I guessed it is either node or driver but I know that there are more nodes and better swap and scratch space than 8.0 so it may be deiver? Never thouht of network card since there is no comparable table with same volume. I will find out network commection tomorrow and share the findings. port to DB2 is same.
The idea was to get off DS 8.0 so they won't be running at the same time at all.
I often get right direction from DSX so thank you contributors.

zaino22 · Post by **zaino22** » Thu Jan 24, 2013 11:32 am

I asked and it seems like connection to the boxes are same. I could not verify on my own.
Tested query on command line (from same unix box to DB2 without using Datastge) and respones time for ~35mil records were about 53 min. So I am guessing connetion/network is correct, and I can match this with 8 nodes + ODBC Connector but not 4 nodes ODBC connector or 4 Nodes ODBC Enterprise stage.

I wonder if there is another environment value (buffer?) that had to be changed to hold number of columns etc. I will fiddle around and if nothing found I will close this query.

kwwilliams · Post by **kwwilliams** » Thu Jan 24, 2013 3:37 pm

Post your .odbc.ini entry - mask your host name information.

zaino22 · Post by **zaino22** » Fri Jan 25, 2013 9:03 am

I see two entries in .odbc.ini file. one is [DB2 Wire Protocol] and the other one created by Admin called [CDXA].
Is first one IBM template ? I am providing both in case first is relevant.

Here is the info:

uvodbc.config:
------------------
[ODBC DATA SOURCES]
<localuv>
DBMSTYPE = UNIVERSE
network = TCP/IP
service = uvserver
host = 127.0.0.1
<CDXA>
DBMSTYPE = ODBC

.odbc.ini
-----------
[DB2 Wire Protocol]
Driver=/IBM/InformationServer/Server/branded_odbc/lib/VMdb225.so
Description=DataDirect DB2 Wire Protocol Driver
AddStringToCreateTable=
AlternateID=
Collection=OS/390 and AS/400 (Remove for DB2 UDB)
Database=DB2 UDB (Remove for OS/390 and AS/400)
DynamicSections=100
GrantAuthid=PUBLIC
GrantExecute=1
IpAddress=DB2 server host
IsolationLevel=CURSOR_STABILITY
Location=OS/390 and AS/400 (Remove for DB2 UDB)
LogonID=
Password=
Package=DB2 package name
PackageOwner=
TcpPort=DB2 server port
WithHold=1

[CDXA]
QEWSD=41102
Driver=/IBM/InformationServer/Server/branded_odbc/lib/VMdb225.so
Description=DataDirect DB2 Wire Protocol Driver
AddStringToCreateTable=
AlternateID=
Collection=
Database=CDXA
DynamicSections=100
GrantAuthid=PUBLIC
GrantExecute=1
IpAddress=<iCauseHavoc> *changed to protect innocent corp
IsolationLevel=CURSOR_STABILITY
Location=
LogonID=
Password=
Package=CDXA
PackageOwner=
TcpPort=60098
WithHold=1

----------------------------------

ray.wurlod · Post by **ray.wurlod** » Fri Jan 25, 2013 4:01 pm

Yes, the first is the prototype for DB2 Wire Protocol connections. This is in .odbc.ini when the product is installed. The other entry was added at, and is specific to, your site.

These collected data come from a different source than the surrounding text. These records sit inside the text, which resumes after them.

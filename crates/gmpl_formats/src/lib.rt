//! The formats of `printf` statements, and what they make of their arguments.
#![tactic(auto)]

mod conversion;
mod pieces;
mod printing;
mod reading;
mod texts;

pub use conversion::{Conversion, Piece, Style};
pub use pieces::read_pieces;
pub use printing::printed;
pub use texts::conversion_text;
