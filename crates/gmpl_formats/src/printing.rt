// What a format makes of its arguments.
ghost use Rattle.std.specs.Prelude.{◌≡◌, string_bytes};
ghost use Rattle.gmpl_value.specs.Outcome.{Follows, GivesAs};
ghost use Rattle.gmpl_formats.specs.Printing.{piece_text, with_piece, left_behind, printed_onto, printed};

use crate::conversion::Piece;
use crate::pieces::read_pieces;
use crate::texts::conversion_text;
use gmpl_value::{EvalFault, Symbol};
use std::alloc::Global;

/// The text that a format makes of its arguments. From left to right, the first of these is the fault: `BadFormat` for
/// what is no conversion, or where an argument is wanting, and the faults of `conversion_text`.
pub fn printed(alloc: Global, format: &str, arguments: &[Symbol]) -> Result<String, EvalFault>
    ensures { GivesAs string_bytes result (printed format.now arguments.now) }
{
    let pieces = read_pieces(alloc, format)?;
    let mut text = String::new(alloc);
    print_pieces(alloc, &mut text, &pieces, arguments)?;
    Ok(text)
}

#[tactic(auto, unfolding(crate::specs::Printing::printed_onto))]
fn print_pieces(
    alloc: Global,
    text: &mut String,
    pieces: &[Piece],
    arguments: &[Symbol],
) -> Result<(), EvalFault>
    ensures { Follows result (string_bytes text.new) (printed_onto (string_bytes text.old) pieces.now arguments.now) }
{
    let mut rest = arguments;
    for piece in pieces {
        print_piece(alloc, text, piece, rest)?;
        rest = left_behind(piece, rest);
    }
    Ok(())
}

fn print_piece(
    alloc: Global,
    text: &mut String,
    piece: &Piece,
    arguments: &[Symbol],
) -> Result<(), EvalFault>
    ensures { Follows result (string_bytes text.new) (with_piece (string_bytes text.old) piece.now arguments.now) }
{
    let added = piece_text(alloc, piece, arguments)?;
    text.push_str(&added)?;
    Ok(())
}

fn piece_text(alloc: Global, piece: &Piece, arguments: &[Symbol]) -> Result<String, EvalFault>
    ensures { GivesAs string_bytes result (piece_text piece.now arguments.now) }
{
    match piece {
        Piece::Character(character) => Ok(character.to_string(alloc)?),
        Piece::Bad => Err(EvalFault::BadFormat),
        Piece::Value(conversion) => match arguments {
            [first, ..] => conversion_text(alloc, conversion, first),
            [] => Err(EvalFault::BadFormat),
        },
    }
}

// The arguments behind those that the piece takes.
fn left_behind<'a>(piece: &Piece, arguments: &'a [Symbol]) -> &'a [Symbol]
    ensures { result.now ≡ left_behind piece.now arguments.now }
{
    match piece {
        Piece::Value(_) => match arguments {
            [_, rest @ ..] => rest,
            [] => arguments,
        },
        _ => arguments,
    }
}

The entry in uvodbc.config simply makes the DSN visible and identifies it as "true" ODBC or "UniVerse" using ODBC protocols.

zaino22 · Post by **zaino22** » Sun Mar 24, 2013 6:02 pm

IBM suggested to use Partition with min and max values, which only hit around 6K rows with 4 nodes and did not reach the legacy DS version throughput 10,000 rows/sec. Previously, I had hit 7500 rows/sec with partition Modulus option, and later on with 8 nodes, I hit around 13k rows/sec. Recently IBM suggested the same, increase number of nodes, which I had already tried so nothing new.

Still couldn't figure out why new version could not match (let alone beat) legacy version on same number of nodes.

Thank you everyone who pitched in their ideas and tried to be helpful.